=== TASK DETAILS ===
Show all lines below holding the string "IsPrintable".

=== RECORDS SHOWN ===
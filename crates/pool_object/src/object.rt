//! The pool as the object of the core.

ghost use Rattle.std.specs.Prelude.{◌≡◌};
ghost use Rattle.zp_tree.specs.WellFormed.{IsWellFormed};

use std::alloc::Global;
use std::marker::Model;
use txg_core::{Kind, SerialObject, Stated};
use zc_io::NoMemory;
use zcp_read::query;
use zp_calls::{Call, Reply};
use zp_changes::apply;
use zp_checks::check;
use zp_tree::Datasets;

/// A pool, over any kind of tree, and the moment at which its calls are done. The tree is well
/// formed, also after a call that answered `NoMemory`.
#[derive(Drop)]
pub struct Pool<T: Datasets> {
    tree: T,
    moment: u64,
}

impl<T: Datasets> Model for Pool<T> {
    ghost use Rattle.zp_tree.specs.WellFormed.{IsWellFormed};
    ghost use Rattle.pool_object.specs.Pool.{PoolState};

    ghost Value = { PoolState T };

    ghost view = { λ a. record { tree = a.tree; moment = a.moment } };

    ghost invariant = { λ a. IsWellFormed (T.tree a.tree) };
}

impl<T: Datasets> Pool<T> {
    ghost use Rattle.pool_object.specs.Pool.{PoolState};

    /// The pool of this tree, in which it is so many seconds past the epoch.
    pub fn new(tree: T, now: u64) -> Pool<T>
        requires { IsWellFormed (T.tree tree) }
        ensures { result ≡ record { tree = tree; moment = now } }
    {
        Pool { tree, moment: now }
    }

    /// The tree as it now stands.
    pub fn tree(&self) -> &T
        ensures tree { result.now ≡ self.now.tree }
        ensures well { IsWellFormed (T.tree self.now.tree) }
    {
        &self.tree
    }
}

impl<T: Datasets> Stated for Pool<T> {
    type Call = Call;

    type Reply = Reply;

    ghost use Rattle.zp_tree.specs.Tree.{Tree};
    ghost use Rattle.std.specs.Prelude.{refl};
    ghost use Rattle.pool_object.specs.Pool.{kind_of, pool_means};
    ghost use Rattle.pool_object.specs.PoolLaws.{pool_lawful};

    ghost World = { Tree };

    ghost means = { pool_means T.tree };

    ghost kind_of = { kind_of };

    ghost lawful = { λ pool. pool_lawful pool.moment };

    ghost kind_is = { λ _ c. refl };

    fn kind(&self, call: &Call) -> Kind {
        match call {
            Call::Command(_) => Kind::Change,
            Call::Query(_) => Kind::Query,
        }
    }

    fn copy(&self, alloc: Global) -> Result<Self, NoMemory> {
        Ok(Pool {
            tree: self.tree.copy(alloc)?,
            moment: self.moment,
        })
    }
}

impl<T: Datasets> SerialObject for Pool<T> {
    fn check(&self, alloc: Global, call: &Call) -> Result<Option<Reply>, NoMemory> {
        let Call::Command(command) = call else {
            return Ok(None);
        };
        let verdict = check(alloc, &self.tree, command)?;
        if verdict.errno == 0 {
            Ok(None)
        } else {
            Ok(Some(Reply::Errno(verdict)))
        }
    }

    fn apply(&mut self, alloc: Global, call: &Call, txg: u64) -> Result<Reply, NoMemory> {
        match call {
            Call::Command(command) => {
                let verdict = check(alloc, &self.tree, command)?;
                if verdict.errno == 0 {
                    apply(alloc, &mut self.tree, command, txg, self.moment)?;
                }
                Ok(Reply::Errno(verdict))
            }
            Call::Query(asked) => query(alloc, &self.tree, asked),
        }
    }

    fn read(&self, alloc: Global, call: &Call) -> Result<Reply, NoMemory> {
        match call {
            Call::Query(asked) => query(alloc, &self.tree, asked),
            Call::Command(_) => unreachable!(),
        }
    }
}
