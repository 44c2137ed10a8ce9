//! A pool as the object of a core: what doing a call on it gives, and how it is done
//! (dsl_synctask.c of OpenZFS: a change is checked in open context, and again while it syncs).
#![tactic(auto)]

mod laws;
mod object;

pub use laws::{calls_keep_trees_well_formed, histories_keep_trees_well_formed};
pub use object::Pool;
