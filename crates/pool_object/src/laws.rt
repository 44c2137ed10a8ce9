//! Laws of the pool's rules. Each function's contract is the law, and the function changes nothing.
ghost use Rattle.std.specs.Prelude.{ℕ, List, All};
ghost use Rattle.zp_tree.specs.Tree.{Tree};
ghost use Rattle.zp_tree.specs.WellFormed.{IsWellFormed};
ghost use Rattle.txg_core.specs.declared.event.Entry.{Entry as EntryOf};
ghost use Rattle.txg_core.specs.Serial.{world, given};
ghost use Rattle.txg_core.specs.Laws.{AllCalls};
ghost use Rattle.zp_calls.specs.declared.call.Call.{Call as CallOf};
ghost use Rattle.zp_calls.specs.Names.{HasValidNames};
ghost use Rattle.zp_calls.specs.Replies.{IsPrintable};
ghost use Rattle.pool_object.specs.Pool.{does};
ghost use Rattle.pool_object.specs.Histories.{pool_origin};

use txg_core::{Properties, kept_by_doing};
use zp_calls::{Call, Reply};

/// Doing a call whose names are valid leaves a well-formed tree well formed, and the reply to a
/// call on a well-formed tree holds texts of UTF-8 alone.
pub fn calls_keep_trees_well_formed()
    ensures tree { (now : ℕ) (t : Tree) (c : CallOf) (group : ℕ) →
        IsWellFormed t → HasValidNames c → IsWellFormed (does now t c group).1 }
    ensures reply { (now : ℕ) (t : Tree) (c : CallOf) (group : ℕ) →
        IsWellFormed t → IsPrintable (does now t c group).0 }
{}

/// What is so of calls, trees and replies in a history of a pool.
#[derive(Drop)]
struct OfPools;

impl Properties for OfPools {
    type Call = Call;

    type Reply = Reply;

    ghost use Rattle.zp_tree.specs.Tree.{Tree};
    ghost use Rattle.zp_tree.specs.WellFormed.{IsWellFormed};
    ghost use Rattle.zp_calls.specs.Names.{HasValidNames};
    ghost use Rattle.zp_calls.specs.Replies.{IsPrintable};

    ghost World = { Tree };

    ghost IsCall = { HasValidNames };

    ghost IsWorld = { IsWellFormed };

    ghost IsReply = { IsPrintable };
}

/// Where the calls' names are valid and the first tree is well formed, the tree after every
/// history is well formed, and every reply that a session was given holds texts of UTF-8 alone.
pub fn histories_keep_trees_well_formed()
    ensures world { (now : ℕ) (t : Tree) (counts : List ℕ) (h : List (EntryOf CallOf)) →
        IsWellFormed t → AllCalls HasValidNames h → IsWellFormed (world (pool_origin now t counts) h) }
    ensures replies { (now : ℕ) (t : Tree) (counts : List ℕ) (h : List (EntryOf CallOf)) (s : ℕ) →
        IsWellFormed t → AllCalls HasValidNames h → All IsPrintable (given (pool_origin now t counts) h s) }
{
    calls_keep_trees_well_formed();
    kept_by_doing::<OfPools>();
}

=== RESULT ===
ghost use Rattle.zp_calls.specs.Replies.{IsPrintable};
        IsWellFormed t → IsPrintable (does now t c group).0 }
    ghost use Rattle.zp_calls.specs.Replies.{IsPrintable};
    ghost IsReply = { IsPrintable };
        IsWellFormed t → AllCalls HasValidNames h → All IsPrintable (given (pool_origin now t counts) h s) }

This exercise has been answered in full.